____ DATA FOR THIS TASK
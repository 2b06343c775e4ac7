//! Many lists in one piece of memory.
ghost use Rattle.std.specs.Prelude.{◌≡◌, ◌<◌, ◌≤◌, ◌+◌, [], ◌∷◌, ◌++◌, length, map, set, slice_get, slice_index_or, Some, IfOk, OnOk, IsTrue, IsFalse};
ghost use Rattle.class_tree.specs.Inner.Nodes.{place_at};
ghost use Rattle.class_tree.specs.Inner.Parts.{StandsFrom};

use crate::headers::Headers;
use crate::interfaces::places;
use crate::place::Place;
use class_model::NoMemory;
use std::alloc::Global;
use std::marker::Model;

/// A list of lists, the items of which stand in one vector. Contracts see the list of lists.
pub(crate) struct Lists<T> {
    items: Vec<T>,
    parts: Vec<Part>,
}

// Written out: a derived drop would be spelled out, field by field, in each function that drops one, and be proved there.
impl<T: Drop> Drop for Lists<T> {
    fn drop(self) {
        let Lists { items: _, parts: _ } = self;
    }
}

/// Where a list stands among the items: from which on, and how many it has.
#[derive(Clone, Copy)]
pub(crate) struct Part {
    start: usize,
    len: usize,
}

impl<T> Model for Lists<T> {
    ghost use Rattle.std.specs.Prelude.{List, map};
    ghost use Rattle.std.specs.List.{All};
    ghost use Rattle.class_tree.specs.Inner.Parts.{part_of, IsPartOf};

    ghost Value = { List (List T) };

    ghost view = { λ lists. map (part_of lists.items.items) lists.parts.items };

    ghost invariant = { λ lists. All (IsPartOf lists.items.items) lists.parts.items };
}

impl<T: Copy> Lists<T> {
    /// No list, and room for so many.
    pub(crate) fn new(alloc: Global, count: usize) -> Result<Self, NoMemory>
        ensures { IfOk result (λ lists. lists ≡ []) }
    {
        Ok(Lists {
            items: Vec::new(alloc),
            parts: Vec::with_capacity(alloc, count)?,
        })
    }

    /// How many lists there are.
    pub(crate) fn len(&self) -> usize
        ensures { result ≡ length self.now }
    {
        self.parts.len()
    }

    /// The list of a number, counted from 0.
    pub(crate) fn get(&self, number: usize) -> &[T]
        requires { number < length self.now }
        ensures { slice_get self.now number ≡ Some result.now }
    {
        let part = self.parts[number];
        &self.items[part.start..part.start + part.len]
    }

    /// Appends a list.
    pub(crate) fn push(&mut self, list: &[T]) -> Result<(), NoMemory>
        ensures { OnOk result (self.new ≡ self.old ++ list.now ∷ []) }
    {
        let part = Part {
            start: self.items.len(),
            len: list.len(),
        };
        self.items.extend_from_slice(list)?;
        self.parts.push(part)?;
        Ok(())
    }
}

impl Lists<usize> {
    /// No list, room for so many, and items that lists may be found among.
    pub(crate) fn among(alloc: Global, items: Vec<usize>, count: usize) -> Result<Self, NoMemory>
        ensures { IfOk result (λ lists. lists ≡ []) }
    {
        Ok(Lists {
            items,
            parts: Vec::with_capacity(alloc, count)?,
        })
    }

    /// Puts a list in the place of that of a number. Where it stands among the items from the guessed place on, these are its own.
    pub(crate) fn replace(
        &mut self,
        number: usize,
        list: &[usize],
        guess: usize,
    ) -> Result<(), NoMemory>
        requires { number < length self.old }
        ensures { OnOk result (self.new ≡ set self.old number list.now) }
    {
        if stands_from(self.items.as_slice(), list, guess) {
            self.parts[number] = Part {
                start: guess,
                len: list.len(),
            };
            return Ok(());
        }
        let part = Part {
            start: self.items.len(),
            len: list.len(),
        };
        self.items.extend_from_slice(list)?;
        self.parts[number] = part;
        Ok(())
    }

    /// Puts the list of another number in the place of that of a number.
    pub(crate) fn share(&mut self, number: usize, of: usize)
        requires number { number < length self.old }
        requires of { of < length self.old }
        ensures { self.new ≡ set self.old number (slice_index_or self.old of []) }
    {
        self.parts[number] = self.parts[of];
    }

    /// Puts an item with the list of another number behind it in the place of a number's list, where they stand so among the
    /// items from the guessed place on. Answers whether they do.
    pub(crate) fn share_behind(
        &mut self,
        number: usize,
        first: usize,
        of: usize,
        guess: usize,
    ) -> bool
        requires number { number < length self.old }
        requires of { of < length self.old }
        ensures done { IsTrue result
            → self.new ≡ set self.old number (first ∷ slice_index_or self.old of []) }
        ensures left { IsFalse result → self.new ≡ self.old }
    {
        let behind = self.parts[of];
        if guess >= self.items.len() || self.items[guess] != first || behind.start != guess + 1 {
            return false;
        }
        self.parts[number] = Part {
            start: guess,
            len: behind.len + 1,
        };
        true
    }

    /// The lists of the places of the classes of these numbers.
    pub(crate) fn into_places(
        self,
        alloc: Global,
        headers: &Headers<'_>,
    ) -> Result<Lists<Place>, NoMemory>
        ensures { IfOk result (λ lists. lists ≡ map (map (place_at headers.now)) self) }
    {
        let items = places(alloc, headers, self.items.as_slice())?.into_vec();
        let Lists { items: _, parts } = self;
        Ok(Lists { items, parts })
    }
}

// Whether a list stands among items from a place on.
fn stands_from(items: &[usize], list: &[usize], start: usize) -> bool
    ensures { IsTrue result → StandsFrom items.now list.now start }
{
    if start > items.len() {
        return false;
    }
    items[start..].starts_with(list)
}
________
____ DATA FOR THIS TASK
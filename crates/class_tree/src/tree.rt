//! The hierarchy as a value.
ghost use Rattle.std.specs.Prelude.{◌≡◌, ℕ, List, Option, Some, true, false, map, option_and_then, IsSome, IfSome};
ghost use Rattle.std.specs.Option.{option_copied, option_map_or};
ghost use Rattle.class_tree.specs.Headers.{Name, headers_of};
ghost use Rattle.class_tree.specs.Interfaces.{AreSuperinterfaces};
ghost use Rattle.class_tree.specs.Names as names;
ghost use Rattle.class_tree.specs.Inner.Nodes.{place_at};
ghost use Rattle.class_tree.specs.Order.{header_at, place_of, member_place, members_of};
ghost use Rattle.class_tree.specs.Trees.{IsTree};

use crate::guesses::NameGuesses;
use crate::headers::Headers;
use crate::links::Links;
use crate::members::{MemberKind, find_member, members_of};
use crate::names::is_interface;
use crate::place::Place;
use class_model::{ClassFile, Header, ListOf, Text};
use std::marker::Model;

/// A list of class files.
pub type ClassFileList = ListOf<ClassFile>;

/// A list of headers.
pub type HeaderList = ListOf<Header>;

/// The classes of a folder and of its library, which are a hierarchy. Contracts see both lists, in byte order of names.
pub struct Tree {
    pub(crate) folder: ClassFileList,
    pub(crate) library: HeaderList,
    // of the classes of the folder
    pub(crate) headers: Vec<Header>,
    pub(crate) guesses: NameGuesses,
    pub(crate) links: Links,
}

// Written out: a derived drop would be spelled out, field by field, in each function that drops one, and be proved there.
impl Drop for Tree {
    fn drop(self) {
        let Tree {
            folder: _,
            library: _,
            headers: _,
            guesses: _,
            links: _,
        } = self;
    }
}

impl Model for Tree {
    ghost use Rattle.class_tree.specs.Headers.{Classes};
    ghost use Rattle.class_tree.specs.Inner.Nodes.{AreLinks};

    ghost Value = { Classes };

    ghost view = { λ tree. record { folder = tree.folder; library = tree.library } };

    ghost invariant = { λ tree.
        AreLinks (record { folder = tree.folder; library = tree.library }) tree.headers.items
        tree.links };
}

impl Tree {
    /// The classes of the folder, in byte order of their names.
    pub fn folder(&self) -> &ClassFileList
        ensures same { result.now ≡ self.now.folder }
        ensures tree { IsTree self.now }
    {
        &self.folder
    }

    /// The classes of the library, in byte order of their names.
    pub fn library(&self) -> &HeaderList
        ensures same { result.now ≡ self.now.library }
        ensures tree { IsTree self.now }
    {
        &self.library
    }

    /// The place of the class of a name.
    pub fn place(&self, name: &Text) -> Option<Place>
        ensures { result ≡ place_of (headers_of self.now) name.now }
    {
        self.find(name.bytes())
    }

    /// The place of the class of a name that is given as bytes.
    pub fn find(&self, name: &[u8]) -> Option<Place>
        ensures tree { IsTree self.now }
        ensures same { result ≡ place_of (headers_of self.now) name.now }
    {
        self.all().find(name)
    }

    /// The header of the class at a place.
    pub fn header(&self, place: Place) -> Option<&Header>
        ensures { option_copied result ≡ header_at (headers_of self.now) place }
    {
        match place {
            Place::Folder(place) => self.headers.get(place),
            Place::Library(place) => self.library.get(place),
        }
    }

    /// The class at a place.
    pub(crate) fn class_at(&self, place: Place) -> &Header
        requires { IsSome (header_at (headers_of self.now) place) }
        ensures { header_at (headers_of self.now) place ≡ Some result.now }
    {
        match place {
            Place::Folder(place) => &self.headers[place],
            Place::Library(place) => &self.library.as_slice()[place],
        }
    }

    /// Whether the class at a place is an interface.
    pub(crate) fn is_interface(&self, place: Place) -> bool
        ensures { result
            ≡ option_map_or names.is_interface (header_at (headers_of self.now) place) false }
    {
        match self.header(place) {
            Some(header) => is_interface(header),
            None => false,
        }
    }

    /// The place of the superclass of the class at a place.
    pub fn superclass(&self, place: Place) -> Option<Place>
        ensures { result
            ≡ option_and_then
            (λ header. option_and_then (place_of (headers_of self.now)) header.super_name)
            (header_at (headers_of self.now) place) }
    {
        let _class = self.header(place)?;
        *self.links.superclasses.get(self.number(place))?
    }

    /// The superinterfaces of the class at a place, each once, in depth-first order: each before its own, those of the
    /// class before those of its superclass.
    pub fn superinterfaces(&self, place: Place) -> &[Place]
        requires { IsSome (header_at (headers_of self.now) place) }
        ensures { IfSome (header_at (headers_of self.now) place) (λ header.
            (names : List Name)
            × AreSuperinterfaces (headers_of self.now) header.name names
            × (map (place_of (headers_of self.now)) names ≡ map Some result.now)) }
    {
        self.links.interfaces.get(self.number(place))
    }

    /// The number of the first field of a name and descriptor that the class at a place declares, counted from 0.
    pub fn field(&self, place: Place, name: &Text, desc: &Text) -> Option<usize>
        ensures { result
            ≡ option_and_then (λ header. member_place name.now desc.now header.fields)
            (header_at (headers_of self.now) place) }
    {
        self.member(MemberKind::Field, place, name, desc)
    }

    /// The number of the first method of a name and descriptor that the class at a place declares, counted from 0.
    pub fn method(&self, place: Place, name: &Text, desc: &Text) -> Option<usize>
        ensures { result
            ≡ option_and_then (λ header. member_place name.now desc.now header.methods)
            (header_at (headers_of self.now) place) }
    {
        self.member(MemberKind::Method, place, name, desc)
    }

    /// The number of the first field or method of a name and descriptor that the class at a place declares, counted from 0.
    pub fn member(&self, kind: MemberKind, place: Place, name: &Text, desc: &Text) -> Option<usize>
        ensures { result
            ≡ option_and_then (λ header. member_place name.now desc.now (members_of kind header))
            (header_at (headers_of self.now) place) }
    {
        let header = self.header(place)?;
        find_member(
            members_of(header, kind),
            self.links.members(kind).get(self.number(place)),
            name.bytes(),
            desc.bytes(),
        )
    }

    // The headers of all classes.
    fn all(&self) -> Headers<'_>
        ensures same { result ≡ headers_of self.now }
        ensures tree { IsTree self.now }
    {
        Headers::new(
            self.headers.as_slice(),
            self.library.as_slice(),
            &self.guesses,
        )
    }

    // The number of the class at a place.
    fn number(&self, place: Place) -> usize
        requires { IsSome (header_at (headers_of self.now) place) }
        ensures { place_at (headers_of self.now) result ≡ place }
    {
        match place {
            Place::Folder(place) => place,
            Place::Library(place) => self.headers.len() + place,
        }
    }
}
________
____ DATA FOR THIS TASK
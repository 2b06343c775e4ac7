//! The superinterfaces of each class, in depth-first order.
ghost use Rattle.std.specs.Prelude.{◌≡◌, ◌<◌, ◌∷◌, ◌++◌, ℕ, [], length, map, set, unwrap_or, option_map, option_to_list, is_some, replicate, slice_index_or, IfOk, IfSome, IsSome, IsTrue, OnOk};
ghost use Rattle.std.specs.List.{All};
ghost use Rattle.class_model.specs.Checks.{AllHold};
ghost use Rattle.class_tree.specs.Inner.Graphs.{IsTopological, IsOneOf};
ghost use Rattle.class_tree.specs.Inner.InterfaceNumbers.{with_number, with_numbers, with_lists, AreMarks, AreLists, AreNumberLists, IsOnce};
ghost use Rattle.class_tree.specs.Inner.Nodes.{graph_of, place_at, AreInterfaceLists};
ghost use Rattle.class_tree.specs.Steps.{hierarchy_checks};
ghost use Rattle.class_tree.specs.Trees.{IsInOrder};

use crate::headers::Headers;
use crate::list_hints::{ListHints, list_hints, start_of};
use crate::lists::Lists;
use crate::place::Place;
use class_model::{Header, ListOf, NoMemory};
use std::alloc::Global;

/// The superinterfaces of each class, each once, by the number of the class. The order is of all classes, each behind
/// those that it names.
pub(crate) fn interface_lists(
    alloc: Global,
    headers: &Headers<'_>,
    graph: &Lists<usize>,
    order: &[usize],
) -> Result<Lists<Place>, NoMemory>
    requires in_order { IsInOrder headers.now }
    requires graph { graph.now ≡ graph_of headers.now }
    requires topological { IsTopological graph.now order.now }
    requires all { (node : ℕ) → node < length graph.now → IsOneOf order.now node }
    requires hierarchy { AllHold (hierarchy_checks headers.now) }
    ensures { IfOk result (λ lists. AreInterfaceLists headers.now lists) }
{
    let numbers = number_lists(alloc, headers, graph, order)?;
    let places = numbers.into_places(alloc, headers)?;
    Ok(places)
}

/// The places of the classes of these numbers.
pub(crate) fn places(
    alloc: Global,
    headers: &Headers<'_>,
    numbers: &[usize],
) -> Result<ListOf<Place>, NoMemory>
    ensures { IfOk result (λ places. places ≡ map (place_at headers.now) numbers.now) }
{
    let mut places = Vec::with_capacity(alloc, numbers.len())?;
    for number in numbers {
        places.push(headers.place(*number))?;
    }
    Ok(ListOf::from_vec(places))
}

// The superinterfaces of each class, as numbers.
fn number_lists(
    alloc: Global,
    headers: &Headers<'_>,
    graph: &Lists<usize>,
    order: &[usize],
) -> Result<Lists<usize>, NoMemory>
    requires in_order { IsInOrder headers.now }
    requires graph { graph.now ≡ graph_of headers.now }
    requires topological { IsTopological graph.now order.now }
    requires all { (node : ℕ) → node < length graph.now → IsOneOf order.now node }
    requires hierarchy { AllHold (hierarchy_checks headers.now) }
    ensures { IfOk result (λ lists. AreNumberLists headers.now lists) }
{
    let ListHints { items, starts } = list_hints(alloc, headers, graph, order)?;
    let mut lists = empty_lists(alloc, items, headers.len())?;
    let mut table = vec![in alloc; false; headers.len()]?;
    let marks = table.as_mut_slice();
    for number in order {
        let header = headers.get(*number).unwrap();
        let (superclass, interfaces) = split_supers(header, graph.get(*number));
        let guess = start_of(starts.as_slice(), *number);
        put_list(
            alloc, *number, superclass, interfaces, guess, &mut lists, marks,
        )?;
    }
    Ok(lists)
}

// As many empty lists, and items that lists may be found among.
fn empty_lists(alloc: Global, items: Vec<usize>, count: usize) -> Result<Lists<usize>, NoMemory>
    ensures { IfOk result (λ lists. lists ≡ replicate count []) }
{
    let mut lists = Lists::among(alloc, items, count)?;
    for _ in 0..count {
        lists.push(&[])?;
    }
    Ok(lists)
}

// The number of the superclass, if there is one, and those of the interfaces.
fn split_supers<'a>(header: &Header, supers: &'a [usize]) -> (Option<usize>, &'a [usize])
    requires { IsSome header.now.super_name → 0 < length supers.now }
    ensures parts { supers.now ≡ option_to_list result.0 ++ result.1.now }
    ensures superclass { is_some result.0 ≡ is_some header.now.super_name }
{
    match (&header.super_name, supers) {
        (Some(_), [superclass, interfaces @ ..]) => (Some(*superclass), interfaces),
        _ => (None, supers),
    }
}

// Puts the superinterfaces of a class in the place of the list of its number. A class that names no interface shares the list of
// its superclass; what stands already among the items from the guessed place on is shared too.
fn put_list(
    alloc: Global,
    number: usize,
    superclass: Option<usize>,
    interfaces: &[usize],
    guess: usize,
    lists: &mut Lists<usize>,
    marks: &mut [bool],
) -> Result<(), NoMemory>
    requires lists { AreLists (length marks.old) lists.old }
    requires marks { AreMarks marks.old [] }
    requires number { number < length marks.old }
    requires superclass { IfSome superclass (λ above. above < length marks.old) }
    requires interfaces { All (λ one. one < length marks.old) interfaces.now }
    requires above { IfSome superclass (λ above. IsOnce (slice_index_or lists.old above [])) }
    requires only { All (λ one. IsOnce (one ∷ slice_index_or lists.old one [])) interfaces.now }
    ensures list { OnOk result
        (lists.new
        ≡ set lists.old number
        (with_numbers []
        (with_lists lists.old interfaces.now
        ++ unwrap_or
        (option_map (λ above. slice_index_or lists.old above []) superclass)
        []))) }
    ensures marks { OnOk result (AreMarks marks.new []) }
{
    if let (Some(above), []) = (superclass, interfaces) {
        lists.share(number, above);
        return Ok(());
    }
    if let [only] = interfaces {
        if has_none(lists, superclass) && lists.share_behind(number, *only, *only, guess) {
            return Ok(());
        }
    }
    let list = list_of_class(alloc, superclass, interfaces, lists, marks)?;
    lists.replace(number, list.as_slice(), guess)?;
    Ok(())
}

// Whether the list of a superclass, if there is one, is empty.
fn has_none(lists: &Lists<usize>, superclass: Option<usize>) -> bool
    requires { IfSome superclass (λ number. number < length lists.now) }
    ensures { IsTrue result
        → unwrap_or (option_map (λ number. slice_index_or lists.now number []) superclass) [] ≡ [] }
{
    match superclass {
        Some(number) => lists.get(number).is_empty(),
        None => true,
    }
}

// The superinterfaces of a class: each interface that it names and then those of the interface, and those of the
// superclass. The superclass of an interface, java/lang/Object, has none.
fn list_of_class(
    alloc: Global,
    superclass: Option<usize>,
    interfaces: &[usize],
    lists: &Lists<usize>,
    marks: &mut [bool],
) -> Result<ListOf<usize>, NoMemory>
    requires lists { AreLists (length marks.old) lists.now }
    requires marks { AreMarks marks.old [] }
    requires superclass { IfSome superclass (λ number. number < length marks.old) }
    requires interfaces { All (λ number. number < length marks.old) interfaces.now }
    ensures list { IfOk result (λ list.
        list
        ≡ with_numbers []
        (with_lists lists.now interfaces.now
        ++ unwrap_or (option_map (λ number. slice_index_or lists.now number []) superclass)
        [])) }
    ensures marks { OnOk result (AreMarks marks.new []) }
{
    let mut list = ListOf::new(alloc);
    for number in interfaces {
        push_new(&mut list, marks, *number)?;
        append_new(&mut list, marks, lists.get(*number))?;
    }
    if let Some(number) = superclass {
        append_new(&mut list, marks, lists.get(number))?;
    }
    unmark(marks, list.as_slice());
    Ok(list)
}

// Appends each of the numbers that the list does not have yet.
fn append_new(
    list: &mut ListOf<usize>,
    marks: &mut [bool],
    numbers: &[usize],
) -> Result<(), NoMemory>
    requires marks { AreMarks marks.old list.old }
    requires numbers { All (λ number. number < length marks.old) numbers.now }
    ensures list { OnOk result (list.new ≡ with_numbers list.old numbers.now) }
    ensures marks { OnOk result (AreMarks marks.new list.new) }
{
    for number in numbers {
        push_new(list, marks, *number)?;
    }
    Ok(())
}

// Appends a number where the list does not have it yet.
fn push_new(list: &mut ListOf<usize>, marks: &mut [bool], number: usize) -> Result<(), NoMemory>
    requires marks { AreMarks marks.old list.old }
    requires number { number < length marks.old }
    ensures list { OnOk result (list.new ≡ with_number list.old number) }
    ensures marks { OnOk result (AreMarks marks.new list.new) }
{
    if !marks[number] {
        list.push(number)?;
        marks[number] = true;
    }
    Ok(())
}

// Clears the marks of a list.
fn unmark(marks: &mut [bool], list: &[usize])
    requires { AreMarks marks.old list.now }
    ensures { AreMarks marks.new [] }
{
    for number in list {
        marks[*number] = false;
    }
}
________
> _DIRECTIONS FOR THIS TASK_: Your answer should consist of each line above in which "depth" appears.

> _OUTPUT_:
    /// The superinterfaces of the class at a place, each once, in depth-first order: each before its own, those of the
//! The superinterfaces of each class, in depth-first order.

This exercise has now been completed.